Interactive pipelines
Cloud Pipelines SDK has an interactive mode feature that allows the users to run components one by one and build pipelines interactively, step by step.
Usually, pipelines are built statically, then compiled and sent for execution. However, for experimentation and pipeline or component development, running components interactively provides better experience.
Interactive mode changes the behavior of the component functions. Normally, when you call a component function, it simply returns a Task
object which is used to build pipelines statically. However, in interactive mode, when you call a component function, the component starts executing immediately and the function returns an Execution
object instead of a Task
object.
Prerequisites
Install the Cloud Pipelines SDK: pip install cloud-pipelines
.
The default task launcher uses the local Docker installation to execute component tasks.

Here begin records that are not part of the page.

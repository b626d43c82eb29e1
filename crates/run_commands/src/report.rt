// How a run went, on standard output.
// Stays (4, 6): the line is put by `outputs`, whose bytes are proved, into an array (no heap).
use console::say;
use long_run::print_line_e;
use machine::Core;
use outputs::put_reason;

// Says where and why a run stopped, and the line E.
pub fn say_stop(rt: HostRuntime, core: Core) {
    let mut line = [0u8; 80];
    let n = put_reason(core, &mut line, 0);
    say(rt, &line[..n]);
    print_line_e(rt, core.status, core.age);
}

// Says that the log of a run can't be written.
pub fn say_log_unwritten(rt: HostRuntime) {
    say(
        rt,
        b"the log can't be written: the run is not finished, and nothing is written\n",
    );
}
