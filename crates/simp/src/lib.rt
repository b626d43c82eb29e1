// The C face of the lab: each call returns 0 or document 01's number, and writes the place and the counts, 0 where document 01 says 0. What each
// promises stands in specs/; include/simp.h is its header.
// Stays (1): the C interface returns the documents' numbers.
#![tactic(auto)]

mod assembly;
mod hex;
mod memory_files;
mod numbers;
mod records;
mod runs;

pub use assembly::{simp_assemble, simp_list};
pub use hex::{simp_read_hex_data, simp_read_hex_disk, simp_write_hex_data, simp_write_hex_disk};
pub use memory_files::{
    simp_read_data, simp_read_disk, simp_read_frame, simp_read_image, simp_read_irq2,
    simp_write_data, simp_write_disk, simp_write_frame, simp_write_image,
};
pub use records::{simp_load, simp_save};
pub use runs::simp_run;

// Question 1's number: a lent length is wrong.
const WRONG_LENGTH: u32 = 1;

Make sure that Docker is installed and working. See https://docs.docker.com/get-docker/
Activating the interactive mode
To activate the interactive execution mode, call cloud_pipelines.activate_interactive_mode()
:
import cloud_pipelines
cloud_pipelines.activate_interactive_mode()
That's it. Now you can start executing components. You can pass the component execution outputs to other components, thus creating pipelines interactively.

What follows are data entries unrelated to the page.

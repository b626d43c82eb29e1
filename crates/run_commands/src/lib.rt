// The commands `sim` and `resume`, on the files that a program's arguments name. Each says on standard output where and why the run stopped.
// Stays (6): the four files have the log's four names, and no order.
#![tactic(auto)]

use console::Writing;

mod course;
mod ends;
mod logs;
mod report;
mod resuming;
mod start;
mod writing_back;

pub use course::simulate;
pub use resuming::resume;

// The four files that a log is split into, each if it can be written.
#[derive(Drop)]
pub struct LogFiles {
    pub trace: Option<Writing>,
    pub hwregtrace: Option<Writing>,
    pub leds: Option<Writing>,
    pub display7seg: Option<Writing>,
}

Note: To deactivate interactive mode, call cloud_pipelines.deactivate_interactive_mode()
.
Note: You can use interactive mode as Python context: cloud_pipelines.orchestration.runners.InteractiveMode()
.
Using interactive mode
Creating or loading a component
Components are usually loaded from remote or local component.yaml
files.
Methods to load or create components can be found in the cloud_pipelines.components
module:
load_component_from_url
load_component_from_file
load_component_from_text
create_component_from_func
Each of these functions return a Python function with signature that corresponds to the component inputs.
Here we will just create a new component from a small Python function.
def add_exclamation(message: str = "Hello, world") -> str:
result = message + "!"
print(result)
return result
from cloud_pipelines import components
add_exclamation_op = components.create_component_from_func(add_exclamation)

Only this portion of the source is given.